The norms for symmetric and antisymmetric tensor products of the weighted shift operators
Xiance Tian, Penghui Wang, Zeyou Zhu
TL;DR
The paper investigates norms of symmetric and antisymmetric tensor products of weighted shift operators $S_\alpha$ on a Hilbert space. It introduces a regularity condition on the weights and proves an equivalence: for all integers $n\ge 2$ and all multi-indices $(l_1,\dots,l_n)\in\mathbb{N}^n$, the norm of the tensor product equals the product of the individual norms if and only if the weights are regular; in that regime the common norm is $\lambda^{\sum_i l_i}$ with $\lambda=\lim|\alpha_i|$, and for many standard shifts this reduces to unity.

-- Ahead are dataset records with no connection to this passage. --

// The polynomial through k + 1 cells, by Newton's form: a sum of multiples, the slopes, of the products of X - z over the points
// z of the cells taken before, the nodes. It is kept by its values less the symbols: where these are 0 the symbol is right.
ghost use Rattle.std.specs.Prelude.{ℕ, suc, ◌<◌};
ghost use Rattle.field.specs.Prime.{Inverses};
ghost use Rattle.field.specs.Row.{Row};
ghost use Rattle.welch_berlekamp.specs.Newton.{Enough, Cells, Fits, Coefficients};

use crate::interpolation::ratio;
use crate::order;
use field::modulus::Modulus;

// The rest is the polynomial less the symbols, the product that of X - z over all cells taken; `entered` is 1 at these, else 0,
// and the keys are those of the other cells.
#[derive(Clone, Copy)]
pub struct Newton {
    pub rest: [u16; 16],
    pub product: [u16; 16],
    pub slopes: [u16; 16],
    pub nodes: [u16; 16],
    pub entered: [u16; 16],
    pub keys: [u32; 16],
}

// The polynomial of degree at most k through the k + 1 cells of the least keys. Which cell is next depends on no number of this
// one, and is worked out first: so the processor does both at a time.
pub fn through(
    keys: [u32; 16],
    x: [u16; 16],
    y: [u16; 16],
    k: usize,
    modulus: Modulus,
    inverses: &[u16; 251],
) -> Newton
    requires { Inverses modulus.p inverses.now × Row modulus.p x × Row modulus.p y × Cells modulus.p k x keys }
    ensures { (n : ℕ) → Enough modulus.p n k x keys → Fits modulus.p n k x y keys (suc k) result }
{
    let p = modulus.p;
    let mut left = keys;
    let mut entered = [0u16; 16];
    let mut slopes = [0u16; 16];
    let mut nodes = [0u16; 16];
    let mut product = [1u16; 16];
    let mut rest = modulus.scale(p - 1, y);
    for i in 0..k + 1 {
        let key = order::least(left);
        let others = order::without(left, key);
        left = others;
        let r = (key % 16) as usize;
        let z = x[r];
        let c = ratio(rest[r], product[r], modulus, inverses);
        let w = modulus.shift(x, p - z);
        modulus.advance(&mut rest, c, &mut product, w);
        slopes[i] = c;
        nodes[i] = z;
        entered[r] = 1;
    }
    Newton {
        rest,
        product,
        slopes,
        nodes,
        entered,
        keys: left,
    }
}

// The coefficients, by Horner's rule: the last slope times X less the last node, plus the slope before, and so on. The powers
// move up in place, a number at a time: a row that is shifted would have to be stored before it can be loaded.
pub fn coefficients(slopes: [u16; 16], nodes: [u16; 16], k: usize, modulus: Modulus) -> [u16; 16]
    requires { Row modulus.p slopes × Row modulus.p nodes × (k < 16) }
    ensures { Coefficients modulus.p k slopes nodes result }
{
    let mut a = [0u16; 16];
    for i in (0..k + 1).rev() {
        a[i] = slopes[i];
        let c = modulus.p - nodes[i];
        for j in i..k {
            a[j] = modulus.reduce(a[j] + c * a[j + 1]);
        }
    }
    a
}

The results partially solve Problems 6, 7, 1, and 2 posed by Garcia and colleagues, and demonstrate that classical shifts (Hardy, Bergman, Dirichlet, etc.) satisfy the regularity condition, enabling exact norm computations for symmetric and antisymmetric tensor products. Additionally, the paper establishes universal lower bounds for symmetric tensor products, providing foundational inequalities for both vector and operator cases and reinforcing the sharpness of the derived norm equalities.
Abstract
In the present paper, we study the norms for symmetric and antisymmetric tensor products of weighted shift operators. By proving that for $n\geq 2$, $$\|S_α^{l_1}\odot\cdots \odot S_α^{l_k}\odot S_α^{*l_{k+1}}\odot\cdots \odot S_α^{*l_{n}}\| =\mathop{\prod}_{i=1}^n\left \| S_α^{l_{i}}\right\|, \text{ for any} \ (l_1,l_2\cdots l_n)\in\mathbb N^n$$ if and only if the weight satisfies the regularity condition, we partially solve \cite[Problem 6 and Problem 7]{GA}. It will be seen that most weighted shift operators on function spaces, including weighted Bergman shift, Hardy shift, Dirichlet shift, etc, satisfy the regularity condition. Moreover, at the end of the paper, we solve \cite[Problem 1 and Problem 2]{GA}.